A heuristic evaluation does need to specify what set of heuristics are being used in the evaluation, and those heuristics need to be clear enough such that those who are consuming your heuristic evaluation can understand the criteria that you are using for the evaluation and the importance of the issues that are revealed in the evaluation. If you and someone else are conducting the heuristic evaluation together, you need to ensure that you are both using the same heuristics and interpreting them in the same way. In any case, you should be prepared to explain what the heuristics are, how they apply to your application, why you chose to use those heuristics, and what steps to take to address the issues that are exposed in your heuristic evaluation. You should also specify where the application is doing well with regards to the heuristics to ensure that these strengths continue to exist and be built upon.
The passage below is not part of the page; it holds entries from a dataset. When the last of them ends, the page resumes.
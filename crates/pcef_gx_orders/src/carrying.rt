//! Orders, done one after the other.

ghost use Rattle.std.specs.Prelude.{◌≡◌, ◌⊎◌, Err, IfErr, IfOk};
ghost use Rattle.pcef_gx.specs.declared.failure.RuleFailure.TheVariants.{GatewayMalfunction};
ghost use Rattle.pcef_gx_orders.specs.Carrying.{Between, Carries, DoesOrders, Installs, IsReport, ReportsAll, ReportsOn, completed_now, status_now};
ghost use Rattle.pcef_gx_orders.specs.Naming.{kind_given, rule_named};

use crate::commanding::{for_key, for_rule, for_setting};
use crate::fate::Fate;
use crate::finding::{active_definition, is_active, keys_on};
use crate::naming::NamedOrder;
use pcef_catalog::Detects;
use pcef_gx::{NameOf, Order, RuleChange, RuleFailure, RuleReport, RuleStatus, complete, name_of};
use pcef_model::Command;
use pcef_rule::{KeyName, Rule, RuleName};
use pcef_session::SessionState;
use pcef_world::WorldState;
use std::alloc::{AllocError, Global};

/// What came of the orders of a message.
#[derive(Drop)]
pub struct CarriedOut<'a, 'm> {
    /// The rules that couldn't be had, in the order of the message.
    pub reports: Vec<RuleReport<'a>>,
    /// The order that was refused and names no rule, where there is one: those behind it weren't done.
    pub refused: Option<&'a NamedOrder<'m>>,
}

/// The rule that a definition makes of the active one of its name, or why it can't be had. Want of memory is a reason,
/// too.
fn completed_now(
    alloc: Global,
    session: &SessionState,
    change: &RuleChange,
) -> Result<Rule, RuleFailure>
    ensures { (result ≡ completed_now session.now.setting session.now.journal change.now)
        ⊎ (result ≡ Err GatewayMalfunction) }
{
    let active = active_definition(session, &change.name);
    match complete(alloc, session.profile().ue, change, active) {
        Ok(completed) => completed,
        Err(_) => Err(RuleFailure::GatewayMalfunction),
    }
}

/// Makes a rule active, or changes it.
fn install<C: Detects>(
    alloc: Global,
    catalog: &C,
    world: &mut WorldState,
    change: &RuleChange,
) -> Fate
    requires { C.offers catalog.now ≡ world.old.session.setting.catalog }
    ensures fate { Between (λ p j k. Installs p j change.now result k) world.old world.new }
    ensures workers { world.new.workers ≡ world.old.workers }
    ensures setting { world.new.session.setting ≡ world.old.session.setting }
    ensures forgotten { world.new.session.forgotten ≡ world.old.session.forgotten }
{
    match completed_now(alloc, world.session(), change) {
        Ok(rule) => for_rule(catalog, world, Command::Install(rule)),
        Err(failure) => Fate::NoRule(failure),
    }
}

/// Asks for a report of each of these keys, up to the first that is refused.
fn report_all<C: Detects>(catalog: &C, world: &mut WorldState, keys: &[KeyName]) -> Fate
    requires { C.offers catalog.now ≡ world.old.session.setting.catalog }
    ensures fate { Between (λ p j k. ReportsAll p j keys.now result k) world.old world.new }
    ensures workers { world.new.workers ≡ world.old.workers }
    ensures setting { world.new.session.setting ≡ world.old.session.setting }
    ensures forgotten { world.new.session.forgotten ≡ world.old.session.forgotten }
{
    for key in keys {
        match for_key(catalog, world, Command::ReportNow(key.copy())) {
            Fate::Done => {}
            refused => return refused,
        }
    }
    Fate::Done
}

/// Asks for a report of each key that is on. Want of memory is a refusal, too.
fn report_on<C: Detects>(alloc: Global, catalog: &C, world: &mut WorldState) -> Fate
    requires { C.offers catalog.now ≡ world.old.session.setting.catalog }
    ensures fate { Between (λ p j k. ReportsOn p j result k) world.old world.new }
    ensures workers { world.new.workers ≡ world.old.workers }
    ensures setting { world.new.session.setting ≡ world.old.session.setting }
    ensures forgotten { world.new.session.forgotten ≡ world.old.session.forgotten }
{
    match keys_on(alloc, world.session()) {
        Ok(keys) => report_all(catalog, world, &keys),
        Err(_) => Fate::Refused,
    }
}

/// Does an order.
fn carry<C: Detects>(alloc: Global, catalog: &C, world: &mut WorldState, order: &Order) -> Fate
    requires { C.offers catalog.now ≡ world.old.session.setting.catalog }
    ensures fate { Between (λ p j k. Carries p j order.now result k) world.old world.new }
    ensures workers { world.new.workers ≡ world.old.workers }
    ensures setting { world.new.session.setting ≡ world.old.session.setting }
    ensures forgotten { world.new.session.forgotten ≡ world.old.session.forgotten }
{
    match order {
        Order::Remove(name) => for_rule(catalog, world, Command::Remove(name.copy())),
        Order::Activate(name) => for_rule(catalog, world, Command::Activate(name.copy())),
        Order::Install(change) => install(alloc, catalog, world, change),
        Order::Unable { failure, .. } => Fate::NoRule(*failure),
        Order::Triggers(set) => for_setting(catalog, world, Command::Triggers(*set)),
        Order::Monitor { key, grant, level } => {
            let monitor = Command::Monitor {
                key: key.copy(),
                grant: *grant,
                level: *level,
            };
            for_setting(catalog, world, monitor)
        }
        Order::Stop(key) => for_key(catalog, world, Command::Stop(key.copy())),
        Order::ReportNow(key) => for_key(catalog, world, Command::ReportNow(key.copy())),
        Order::ReportAll => report_on(alloc, catalog, world),
    }
}

/// The name of the rule in an order, as a session may have it.
fn rule_named(order: &Order) -> Option<RuleName>
    ensures { result ≡ rule_named order.now }
{
    match order {
        Order::Remove(name) => Some(name.copy()),
        Order::Activate(name) => Some(name.copy()),
        Order::Install(change) => Some(change.name.copy()),
        Order::Unable {
            name,
            of: NameOf::Rule,
            ..
        } => name_of(name.octets()),
        _ => None,
    }
}

/// What the name in an order is the name of.
fn kind_given(order: &Order) -> NameOf
    ensures { result ≡ kind_given order.now }
{
    match order {
        Order::Unable { of, .. } => *of,
        _ => NameOf::Rule,
    }
}

/// Whether the rule of this name is active.
fn status_now(session: &SessionState, name: &Option<RuleName>) -> RuleStatus
    ensures { result ≡ status_now session.now.setting session.now.journal name.now }
{
    match name {
        Some(name) if is_active(session, name) => RuleStatus::Active,
        _ => RuleStatus::Inactive,
    }
}

/// The report of a rule that couldn't be had.
fn report<'a>(session: &SessionState, named: &'a NamedOrder, failure: RuleFailure) -> RuleReport<'a>
    ensures { IsReport session.now.setting session.now.journal named.now failure result }
{
    RuleReport {
        name: named.name(),
        of: kind_given(named.order()),
        status: status_now(session, &rule_named(named.order())),
        failure,
    }
}

/// Does the orders of a message, one after the other. A rule that couldn't be had is told with its name as it stood,
/// whether it is active then, and why (TS 29.212, clauses 4.5.12 and 5.3.18); the others are done. An order that names
/// no rule and is refused leaves those behind it undone. Takes memory for the reports before anything is done: an `Err`
/// is its want, and nothing has changed. Where memory is wanting for a rule, the rule can't be had, by
/// [`RuleFailure::GatewayMalfunction`].
pub fn carry_out<'a, 'm, C: Detects>(
    alloc: Global,
    catalog: &C,
    world: &mut WorldState,
    orders: &'a [NamedOrder<'m>],
) -> Result<CarriedOut<'a, 'm>, AllocError>
    requires { C.offers catalog.now ≡ world.old.session.setting.catalog }
    ensures done { IfOk result (λ c. DoesOrders world.old orders.now c world.new) }
    ensures lacks { IfErr result (λ _. world.new ≡ world.old) }
    ensures workers { world.new.workers ≡ world.old.workers }
    ensures setting { world.new.session.setting ≡ world.old.session.setting }
    ensures forgotten { world.new.session.forgotten ≡ world.old.session.forgotten }
{
    let mut reports = Vec::with_capacity(alloc, orders.len())?;
    for named in orders {
        match carry(alloc, catalog, world, named.order()) {
            Fate::Done => {}
            Fate::NoRule(failure) => {
                reports.push_reserved(report(world.session(), named, failure));
            }
            Fate::Refused => {
                return Ok(CarriedOut {
                    reports,
                    refused: Some(named),
                });
            }
        }
    }
    Ok(CarriedOut {
        reports,
        refused: None,
    })
}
If you have never done a heuristic evaluation before, Nielsen's heuristics are valuable for several reasons. They are widely used, which reduces the need for explaining the heuristics that you are using. There is a body of research which supports those heuristics, which can help you in explaining the importance of violations of the heuristics to others. It is also a small number of heuristics, which reduces the complexity in trying to determine which heuristic a given issue violates. There are many examples of the application of Nielsen's heuristics, which can help you understand how to conduct your own heuristic evaluation.

The most important thing is not the specific heuristics that you use in a heuristic evaluation. The heuristics that you use are a tool to accomplish the evaluation; it's your analysis in the evaluation that is of value.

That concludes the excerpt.